* **Exercise inputs**
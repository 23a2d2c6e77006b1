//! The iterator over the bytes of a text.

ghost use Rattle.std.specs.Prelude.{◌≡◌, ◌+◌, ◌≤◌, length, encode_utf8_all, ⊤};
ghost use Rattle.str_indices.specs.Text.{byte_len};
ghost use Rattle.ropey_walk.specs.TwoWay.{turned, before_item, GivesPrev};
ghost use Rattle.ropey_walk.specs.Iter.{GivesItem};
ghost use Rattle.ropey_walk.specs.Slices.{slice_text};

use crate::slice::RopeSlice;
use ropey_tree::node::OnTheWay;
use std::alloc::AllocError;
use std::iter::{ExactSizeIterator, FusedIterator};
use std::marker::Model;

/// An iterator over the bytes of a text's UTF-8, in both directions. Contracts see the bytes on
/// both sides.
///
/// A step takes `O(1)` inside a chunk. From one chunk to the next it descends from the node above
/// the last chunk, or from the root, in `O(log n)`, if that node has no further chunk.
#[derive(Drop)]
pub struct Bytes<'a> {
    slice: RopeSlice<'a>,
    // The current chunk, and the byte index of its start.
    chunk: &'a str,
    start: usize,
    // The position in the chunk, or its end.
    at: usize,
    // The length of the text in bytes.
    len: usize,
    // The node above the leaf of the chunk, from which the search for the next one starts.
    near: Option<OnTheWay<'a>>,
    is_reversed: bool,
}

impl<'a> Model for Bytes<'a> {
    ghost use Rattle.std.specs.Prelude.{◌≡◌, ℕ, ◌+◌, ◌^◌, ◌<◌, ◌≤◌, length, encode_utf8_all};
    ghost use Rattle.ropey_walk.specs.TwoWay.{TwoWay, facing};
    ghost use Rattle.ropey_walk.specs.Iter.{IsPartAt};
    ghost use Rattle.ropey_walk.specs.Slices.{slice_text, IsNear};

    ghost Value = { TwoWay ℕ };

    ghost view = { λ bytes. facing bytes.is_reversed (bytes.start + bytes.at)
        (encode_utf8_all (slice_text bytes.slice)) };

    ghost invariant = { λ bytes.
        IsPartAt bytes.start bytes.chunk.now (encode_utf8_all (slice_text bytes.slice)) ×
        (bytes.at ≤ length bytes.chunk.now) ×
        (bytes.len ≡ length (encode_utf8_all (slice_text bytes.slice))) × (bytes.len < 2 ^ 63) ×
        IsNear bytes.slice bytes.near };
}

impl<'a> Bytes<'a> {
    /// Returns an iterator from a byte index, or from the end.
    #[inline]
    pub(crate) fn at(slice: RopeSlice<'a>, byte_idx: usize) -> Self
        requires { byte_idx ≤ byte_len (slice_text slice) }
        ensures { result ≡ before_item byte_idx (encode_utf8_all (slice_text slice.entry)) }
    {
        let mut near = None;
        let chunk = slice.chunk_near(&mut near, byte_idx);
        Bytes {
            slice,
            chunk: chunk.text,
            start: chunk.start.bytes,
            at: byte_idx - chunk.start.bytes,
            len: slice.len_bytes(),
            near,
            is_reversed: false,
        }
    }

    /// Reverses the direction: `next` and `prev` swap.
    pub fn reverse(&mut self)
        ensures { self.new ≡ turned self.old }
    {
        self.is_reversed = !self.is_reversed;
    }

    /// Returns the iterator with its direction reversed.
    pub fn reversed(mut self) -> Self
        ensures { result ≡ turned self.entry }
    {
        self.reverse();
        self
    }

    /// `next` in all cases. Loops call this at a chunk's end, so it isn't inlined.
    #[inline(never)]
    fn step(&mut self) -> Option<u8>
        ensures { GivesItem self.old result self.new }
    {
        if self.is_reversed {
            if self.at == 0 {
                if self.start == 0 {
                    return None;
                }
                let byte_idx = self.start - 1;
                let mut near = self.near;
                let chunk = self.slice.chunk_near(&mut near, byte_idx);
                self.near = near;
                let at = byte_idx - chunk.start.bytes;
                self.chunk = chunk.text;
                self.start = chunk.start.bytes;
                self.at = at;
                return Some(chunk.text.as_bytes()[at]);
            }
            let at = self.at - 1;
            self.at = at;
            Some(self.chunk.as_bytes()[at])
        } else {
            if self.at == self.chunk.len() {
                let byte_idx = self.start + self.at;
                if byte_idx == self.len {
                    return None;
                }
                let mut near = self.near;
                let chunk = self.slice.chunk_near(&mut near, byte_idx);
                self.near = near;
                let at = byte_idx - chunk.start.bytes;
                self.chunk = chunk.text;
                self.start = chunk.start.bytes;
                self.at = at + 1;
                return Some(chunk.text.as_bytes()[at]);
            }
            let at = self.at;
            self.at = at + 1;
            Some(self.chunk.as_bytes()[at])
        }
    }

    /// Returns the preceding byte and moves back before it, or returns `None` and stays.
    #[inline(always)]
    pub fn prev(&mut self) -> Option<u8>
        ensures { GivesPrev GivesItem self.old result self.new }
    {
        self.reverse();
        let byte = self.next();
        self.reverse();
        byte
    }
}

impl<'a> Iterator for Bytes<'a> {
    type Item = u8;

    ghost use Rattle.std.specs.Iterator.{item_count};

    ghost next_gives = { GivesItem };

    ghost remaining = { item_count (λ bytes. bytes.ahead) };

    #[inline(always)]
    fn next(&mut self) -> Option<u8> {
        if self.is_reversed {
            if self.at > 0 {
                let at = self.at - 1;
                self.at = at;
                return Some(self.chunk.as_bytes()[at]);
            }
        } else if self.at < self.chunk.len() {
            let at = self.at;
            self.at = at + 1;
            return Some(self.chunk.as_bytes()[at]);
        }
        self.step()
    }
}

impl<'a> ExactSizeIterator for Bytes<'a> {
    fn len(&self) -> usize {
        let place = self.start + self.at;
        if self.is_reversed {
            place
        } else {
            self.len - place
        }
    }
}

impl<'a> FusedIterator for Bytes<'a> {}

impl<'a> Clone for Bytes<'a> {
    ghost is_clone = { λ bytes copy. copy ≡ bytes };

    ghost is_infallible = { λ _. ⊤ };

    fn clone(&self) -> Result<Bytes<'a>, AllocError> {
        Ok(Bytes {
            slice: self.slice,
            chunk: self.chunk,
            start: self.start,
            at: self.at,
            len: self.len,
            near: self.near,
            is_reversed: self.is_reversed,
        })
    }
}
==
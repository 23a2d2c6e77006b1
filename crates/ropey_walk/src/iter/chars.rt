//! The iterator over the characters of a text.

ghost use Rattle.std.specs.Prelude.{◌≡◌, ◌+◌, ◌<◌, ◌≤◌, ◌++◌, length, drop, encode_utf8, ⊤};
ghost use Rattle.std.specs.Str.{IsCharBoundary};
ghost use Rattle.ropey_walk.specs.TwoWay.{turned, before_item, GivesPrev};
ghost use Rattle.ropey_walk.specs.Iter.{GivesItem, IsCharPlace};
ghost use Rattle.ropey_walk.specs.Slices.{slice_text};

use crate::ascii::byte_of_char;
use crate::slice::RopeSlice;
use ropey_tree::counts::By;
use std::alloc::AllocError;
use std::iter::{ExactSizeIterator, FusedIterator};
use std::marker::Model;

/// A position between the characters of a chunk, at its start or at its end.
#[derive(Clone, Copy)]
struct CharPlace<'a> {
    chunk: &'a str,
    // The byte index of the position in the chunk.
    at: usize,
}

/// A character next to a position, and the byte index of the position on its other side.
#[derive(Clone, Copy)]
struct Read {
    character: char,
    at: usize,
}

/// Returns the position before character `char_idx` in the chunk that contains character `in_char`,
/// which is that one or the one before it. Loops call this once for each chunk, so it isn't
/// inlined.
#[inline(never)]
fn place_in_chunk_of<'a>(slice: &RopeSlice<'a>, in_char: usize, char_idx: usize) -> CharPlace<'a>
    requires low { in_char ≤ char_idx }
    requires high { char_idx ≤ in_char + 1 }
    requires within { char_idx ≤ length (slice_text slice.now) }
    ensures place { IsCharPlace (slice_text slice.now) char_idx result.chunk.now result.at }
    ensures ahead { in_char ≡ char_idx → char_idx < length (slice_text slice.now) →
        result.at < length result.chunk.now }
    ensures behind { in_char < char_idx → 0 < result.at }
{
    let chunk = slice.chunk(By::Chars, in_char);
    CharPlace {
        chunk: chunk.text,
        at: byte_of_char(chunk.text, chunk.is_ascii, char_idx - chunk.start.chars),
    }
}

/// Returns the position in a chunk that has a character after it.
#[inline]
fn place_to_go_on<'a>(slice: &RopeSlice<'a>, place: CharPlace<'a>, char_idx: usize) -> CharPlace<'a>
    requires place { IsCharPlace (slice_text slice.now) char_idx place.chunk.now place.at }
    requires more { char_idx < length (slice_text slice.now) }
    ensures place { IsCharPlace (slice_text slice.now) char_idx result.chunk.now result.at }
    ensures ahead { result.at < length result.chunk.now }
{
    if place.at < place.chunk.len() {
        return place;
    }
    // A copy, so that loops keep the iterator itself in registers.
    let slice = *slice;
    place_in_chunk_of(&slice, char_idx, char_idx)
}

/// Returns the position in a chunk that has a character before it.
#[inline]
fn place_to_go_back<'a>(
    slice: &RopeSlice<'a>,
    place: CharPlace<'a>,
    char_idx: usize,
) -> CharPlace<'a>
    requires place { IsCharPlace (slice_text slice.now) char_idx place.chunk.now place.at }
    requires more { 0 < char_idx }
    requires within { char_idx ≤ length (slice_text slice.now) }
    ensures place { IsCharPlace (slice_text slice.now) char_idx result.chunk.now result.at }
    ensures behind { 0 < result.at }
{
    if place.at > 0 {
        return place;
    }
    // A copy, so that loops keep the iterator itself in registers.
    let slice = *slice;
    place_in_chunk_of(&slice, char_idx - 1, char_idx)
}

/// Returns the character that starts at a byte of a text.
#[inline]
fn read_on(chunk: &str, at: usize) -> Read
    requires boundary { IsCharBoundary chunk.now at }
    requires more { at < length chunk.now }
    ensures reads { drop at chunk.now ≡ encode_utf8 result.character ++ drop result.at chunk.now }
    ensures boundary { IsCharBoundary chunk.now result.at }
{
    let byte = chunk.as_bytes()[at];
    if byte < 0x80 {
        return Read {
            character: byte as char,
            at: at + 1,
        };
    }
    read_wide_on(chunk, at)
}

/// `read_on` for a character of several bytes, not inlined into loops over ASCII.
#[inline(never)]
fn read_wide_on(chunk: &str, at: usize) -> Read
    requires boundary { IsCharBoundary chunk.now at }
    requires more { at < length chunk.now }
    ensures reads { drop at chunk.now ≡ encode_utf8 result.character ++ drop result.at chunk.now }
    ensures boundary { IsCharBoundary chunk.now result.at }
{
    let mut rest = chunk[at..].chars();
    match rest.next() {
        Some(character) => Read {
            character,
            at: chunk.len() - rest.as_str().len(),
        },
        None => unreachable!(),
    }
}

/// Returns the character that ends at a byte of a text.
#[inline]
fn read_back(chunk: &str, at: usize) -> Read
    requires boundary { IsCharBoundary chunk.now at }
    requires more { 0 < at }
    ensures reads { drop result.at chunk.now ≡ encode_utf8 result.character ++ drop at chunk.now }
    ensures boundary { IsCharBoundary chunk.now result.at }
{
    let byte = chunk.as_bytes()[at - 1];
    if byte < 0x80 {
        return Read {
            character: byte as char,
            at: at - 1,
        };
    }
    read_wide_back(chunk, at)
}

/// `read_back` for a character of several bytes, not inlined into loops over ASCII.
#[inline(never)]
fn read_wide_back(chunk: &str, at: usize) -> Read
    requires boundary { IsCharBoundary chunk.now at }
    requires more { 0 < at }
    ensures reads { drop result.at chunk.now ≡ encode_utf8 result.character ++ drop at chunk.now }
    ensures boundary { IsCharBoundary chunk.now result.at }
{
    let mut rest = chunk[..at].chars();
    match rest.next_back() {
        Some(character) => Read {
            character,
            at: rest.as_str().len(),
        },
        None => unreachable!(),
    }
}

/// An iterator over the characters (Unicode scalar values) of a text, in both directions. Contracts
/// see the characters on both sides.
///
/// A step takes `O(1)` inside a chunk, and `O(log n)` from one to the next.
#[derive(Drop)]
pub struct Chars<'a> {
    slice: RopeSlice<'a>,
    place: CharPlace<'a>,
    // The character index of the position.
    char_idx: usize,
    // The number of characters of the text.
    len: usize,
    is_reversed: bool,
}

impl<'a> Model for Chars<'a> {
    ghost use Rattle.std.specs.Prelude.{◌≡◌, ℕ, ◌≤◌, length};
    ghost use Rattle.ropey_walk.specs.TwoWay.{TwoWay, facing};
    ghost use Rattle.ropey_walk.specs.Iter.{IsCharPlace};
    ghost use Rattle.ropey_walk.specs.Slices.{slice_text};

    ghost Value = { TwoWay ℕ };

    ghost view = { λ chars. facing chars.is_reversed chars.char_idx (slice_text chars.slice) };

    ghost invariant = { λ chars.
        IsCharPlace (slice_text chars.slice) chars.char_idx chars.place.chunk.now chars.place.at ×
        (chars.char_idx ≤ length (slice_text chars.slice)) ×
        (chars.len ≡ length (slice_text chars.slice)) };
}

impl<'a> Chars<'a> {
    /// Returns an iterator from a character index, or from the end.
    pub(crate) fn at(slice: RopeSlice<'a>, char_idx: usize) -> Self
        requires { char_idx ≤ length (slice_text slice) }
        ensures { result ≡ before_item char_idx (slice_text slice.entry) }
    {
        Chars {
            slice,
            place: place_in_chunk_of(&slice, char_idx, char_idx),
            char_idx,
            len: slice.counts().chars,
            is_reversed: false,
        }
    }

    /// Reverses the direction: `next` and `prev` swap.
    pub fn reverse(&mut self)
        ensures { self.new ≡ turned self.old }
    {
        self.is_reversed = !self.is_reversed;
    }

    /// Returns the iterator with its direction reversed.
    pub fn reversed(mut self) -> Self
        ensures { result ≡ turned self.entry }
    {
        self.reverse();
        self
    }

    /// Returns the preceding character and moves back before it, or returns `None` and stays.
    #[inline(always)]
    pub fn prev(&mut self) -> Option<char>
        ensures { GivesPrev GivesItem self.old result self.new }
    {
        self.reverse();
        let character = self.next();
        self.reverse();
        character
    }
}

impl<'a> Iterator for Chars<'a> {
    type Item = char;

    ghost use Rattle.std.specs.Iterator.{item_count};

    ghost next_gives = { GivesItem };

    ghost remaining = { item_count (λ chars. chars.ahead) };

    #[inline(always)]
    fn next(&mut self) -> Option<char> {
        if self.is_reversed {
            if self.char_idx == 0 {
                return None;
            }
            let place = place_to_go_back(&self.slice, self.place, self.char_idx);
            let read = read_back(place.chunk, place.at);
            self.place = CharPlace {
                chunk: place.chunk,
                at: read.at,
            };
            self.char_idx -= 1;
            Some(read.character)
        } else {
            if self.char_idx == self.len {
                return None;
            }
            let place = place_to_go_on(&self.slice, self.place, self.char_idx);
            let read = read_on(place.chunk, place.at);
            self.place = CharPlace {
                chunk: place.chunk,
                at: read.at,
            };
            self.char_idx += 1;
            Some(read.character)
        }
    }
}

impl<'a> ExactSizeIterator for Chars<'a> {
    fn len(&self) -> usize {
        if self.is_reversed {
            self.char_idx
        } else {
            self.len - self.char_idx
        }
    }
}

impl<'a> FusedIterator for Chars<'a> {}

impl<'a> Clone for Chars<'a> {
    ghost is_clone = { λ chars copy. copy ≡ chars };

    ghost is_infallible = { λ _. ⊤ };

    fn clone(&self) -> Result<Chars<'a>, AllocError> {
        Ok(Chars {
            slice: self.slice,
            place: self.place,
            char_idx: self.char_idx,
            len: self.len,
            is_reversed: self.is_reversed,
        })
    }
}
--
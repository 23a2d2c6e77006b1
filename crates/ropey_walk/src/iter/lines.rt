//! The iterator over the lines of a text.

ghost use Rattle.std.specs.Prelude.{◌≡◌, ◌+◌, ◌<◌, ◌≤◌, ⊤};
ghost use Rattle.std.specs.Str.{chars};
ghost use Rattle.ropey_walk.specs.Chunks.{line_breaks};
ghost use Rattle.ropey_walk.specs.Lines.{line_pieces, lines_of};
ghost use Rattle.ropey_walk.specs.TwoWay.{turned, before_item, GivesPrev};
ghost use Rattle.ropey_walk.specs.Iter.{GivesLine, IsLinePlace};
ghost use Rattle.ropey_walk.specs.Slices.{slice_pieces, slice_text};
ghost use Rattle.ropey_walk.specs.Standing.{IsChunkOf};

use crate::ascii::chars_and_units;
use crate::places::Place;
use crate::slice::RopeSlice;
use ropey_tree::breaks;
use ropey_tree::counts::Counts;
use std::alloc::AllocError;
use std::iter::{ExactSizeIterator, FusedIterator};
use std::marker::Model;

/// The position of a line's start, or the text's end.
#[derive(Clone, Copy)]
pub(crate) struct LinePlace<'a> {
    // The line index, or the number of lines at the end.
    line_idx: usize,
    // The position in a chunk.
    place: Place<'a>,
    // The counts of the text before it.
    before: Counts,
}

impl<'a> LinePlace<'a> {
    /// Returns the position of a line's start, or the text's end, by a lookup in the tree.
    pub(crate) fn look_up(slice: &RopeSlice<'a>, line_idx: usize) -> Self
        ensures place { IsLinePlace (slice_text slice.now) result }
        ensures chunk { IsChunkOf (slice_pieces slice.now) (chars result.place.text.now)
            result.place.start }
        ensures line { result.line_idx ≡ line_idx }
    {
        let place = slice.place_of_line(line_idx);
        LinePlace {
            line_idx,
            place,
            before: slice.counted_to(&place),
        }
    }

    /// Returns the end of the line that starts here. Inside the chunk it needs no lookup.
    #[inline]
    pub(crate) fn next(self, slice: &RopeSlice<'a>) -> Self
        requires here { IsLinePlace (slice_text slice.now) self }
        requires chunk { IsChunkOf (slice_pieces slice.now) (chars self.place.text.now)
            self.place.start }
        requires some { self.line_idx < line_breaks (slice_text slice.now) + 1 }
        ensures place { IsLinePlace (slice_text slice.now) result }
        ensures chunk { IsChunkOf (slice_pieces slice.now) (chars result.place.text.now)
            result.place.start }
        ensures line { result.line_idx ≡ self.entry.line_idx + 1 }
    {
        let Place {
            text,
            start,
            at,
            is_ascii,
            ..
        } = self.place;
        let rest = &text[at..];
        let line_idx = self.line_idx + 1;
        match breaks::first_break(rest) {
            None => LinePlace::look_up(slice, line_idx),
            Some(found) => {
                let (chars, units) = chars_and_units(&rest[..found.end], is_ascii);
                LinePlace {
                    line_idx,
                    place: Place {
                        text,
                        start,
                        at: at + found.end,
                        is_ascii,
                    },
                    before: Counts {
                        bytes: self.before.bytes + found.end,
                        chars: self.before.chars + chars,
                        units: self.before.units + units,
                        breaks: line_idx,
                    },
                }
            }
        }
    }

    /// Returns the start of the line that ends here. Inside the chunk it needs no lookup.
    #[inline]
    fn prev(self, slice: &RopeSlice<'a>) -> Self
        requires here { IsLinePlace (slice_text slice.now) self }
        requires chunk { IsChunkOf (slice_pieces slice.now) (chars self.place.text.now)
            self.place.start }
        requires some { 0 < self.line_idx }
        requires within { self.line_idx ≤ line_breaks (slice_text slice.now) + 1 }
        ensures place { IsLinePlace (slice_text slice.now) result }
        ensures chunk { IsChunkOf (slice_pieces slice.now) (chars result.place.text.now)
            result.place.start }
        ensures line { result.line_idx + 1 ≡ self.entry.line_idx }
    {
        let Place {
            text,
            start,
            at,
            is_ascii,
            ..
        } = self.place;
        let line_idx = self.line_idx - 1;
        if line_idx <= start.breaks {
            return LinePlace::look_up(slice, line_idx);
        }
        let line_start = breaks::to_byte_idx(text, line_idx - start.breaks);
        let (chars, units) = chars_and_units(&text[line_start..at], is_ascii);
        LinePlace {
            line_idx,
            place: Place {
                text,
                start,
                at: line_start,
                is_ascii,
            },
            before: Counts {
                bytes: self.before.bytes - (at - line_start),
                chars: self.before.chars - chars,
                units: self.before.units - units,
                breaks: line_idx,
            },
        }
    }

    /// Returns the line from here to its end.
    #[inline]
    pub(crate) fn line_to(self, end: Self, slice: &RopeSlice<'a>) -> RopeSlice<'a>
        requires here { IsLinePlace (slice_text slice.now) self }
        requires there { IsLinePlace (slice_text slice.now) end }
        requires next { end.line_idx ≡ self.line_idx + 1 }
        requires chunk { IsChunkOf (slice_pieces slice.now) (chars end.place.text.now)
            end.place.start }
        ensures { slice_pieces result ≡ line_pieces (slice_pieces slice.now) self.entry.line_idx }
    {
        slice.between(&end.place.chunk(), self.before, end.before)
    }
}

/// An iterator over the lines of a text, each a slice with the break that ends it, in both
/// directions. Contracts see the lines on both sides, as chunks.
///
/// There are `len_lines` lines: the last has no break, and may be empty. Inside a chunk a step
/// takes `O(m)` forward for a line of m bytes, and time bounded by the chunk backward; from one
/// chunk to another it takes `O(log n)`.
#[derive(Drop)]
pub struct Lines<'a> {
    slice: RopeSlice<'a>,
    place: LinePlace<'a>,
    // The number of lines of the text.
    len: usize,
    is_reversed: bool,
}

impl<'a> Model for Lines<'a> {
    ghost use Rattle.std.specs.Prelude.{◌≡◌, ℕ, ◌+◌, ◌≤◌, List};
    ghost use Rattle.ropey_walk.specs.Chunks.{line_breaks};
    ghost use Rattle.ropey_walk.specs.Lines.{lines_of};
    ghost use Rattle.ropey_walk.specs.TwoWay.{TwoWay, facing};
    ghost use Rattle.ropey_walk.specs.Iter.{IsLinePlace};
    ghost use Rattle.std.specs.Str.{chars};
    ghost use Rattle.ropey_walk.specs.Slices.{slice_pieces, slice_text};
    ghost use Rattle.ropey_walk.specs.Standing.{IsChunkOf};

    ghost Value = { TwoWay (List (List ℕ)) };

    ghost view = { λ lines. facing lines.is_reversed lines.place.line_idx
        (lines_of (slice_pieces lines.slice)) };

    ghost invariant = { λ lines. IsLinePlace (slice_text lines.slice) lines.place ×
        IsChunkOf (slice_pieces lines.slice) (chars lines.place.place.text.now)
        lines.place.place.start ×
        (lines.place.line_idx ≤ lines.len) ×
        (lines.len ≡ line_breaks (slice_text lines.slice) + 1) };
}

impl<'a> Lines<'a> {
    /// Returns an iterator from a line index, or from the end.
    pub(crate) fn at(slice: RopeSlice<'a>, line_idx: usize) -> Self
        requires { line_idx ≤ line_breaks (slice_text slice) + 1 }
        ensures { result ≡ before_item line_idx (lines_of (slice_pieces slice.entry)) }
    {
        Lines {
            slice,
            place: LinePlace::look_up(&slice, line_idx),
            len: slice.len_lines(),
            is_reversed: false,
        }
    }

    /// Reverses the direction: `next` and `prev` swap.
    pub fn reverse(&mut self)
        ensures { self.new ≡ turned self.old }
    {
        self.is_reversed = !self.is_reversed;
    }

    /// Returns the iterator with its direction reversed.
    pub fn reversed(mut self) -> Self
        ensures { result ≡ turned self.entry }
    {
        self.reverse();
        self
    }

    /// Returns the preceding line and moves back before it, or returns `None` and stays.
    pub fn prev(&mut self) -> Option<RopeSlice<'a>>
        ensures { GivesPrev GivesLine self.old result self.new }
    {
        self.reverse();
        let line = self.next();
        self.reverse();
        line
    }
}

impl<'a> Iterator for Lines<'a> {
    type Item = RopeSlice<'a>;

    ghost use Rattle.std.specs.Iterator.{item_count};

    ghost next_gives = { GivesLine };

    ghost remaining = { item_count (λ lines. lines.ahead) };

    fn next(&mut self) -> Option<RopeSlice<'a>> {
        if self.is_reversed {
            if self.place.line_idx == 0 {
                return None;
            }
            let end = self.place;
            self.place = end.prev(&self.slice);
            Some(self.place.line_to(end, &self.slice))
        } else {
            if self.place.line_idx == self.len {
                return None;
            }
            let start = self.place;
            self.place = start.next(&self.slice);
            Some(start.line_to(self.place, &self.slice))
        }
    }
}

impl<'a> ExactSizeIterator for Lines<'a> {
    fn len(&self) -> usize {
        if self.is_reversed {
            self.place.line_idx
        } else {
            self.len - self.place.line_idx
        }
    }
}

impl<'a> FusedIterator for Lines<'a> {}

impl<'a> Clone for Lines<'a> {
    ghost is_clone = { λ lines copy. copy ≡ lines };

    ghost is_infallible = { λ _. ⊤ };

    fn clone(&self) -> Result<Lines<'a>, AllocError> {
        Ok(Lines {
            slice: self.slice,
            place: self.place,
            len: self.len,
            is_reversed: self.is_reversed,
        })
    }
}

* **Exercise directions**
In the listing, find every line with the word "IsNear" and state how many there are, nothing more.

* **Written solution**
2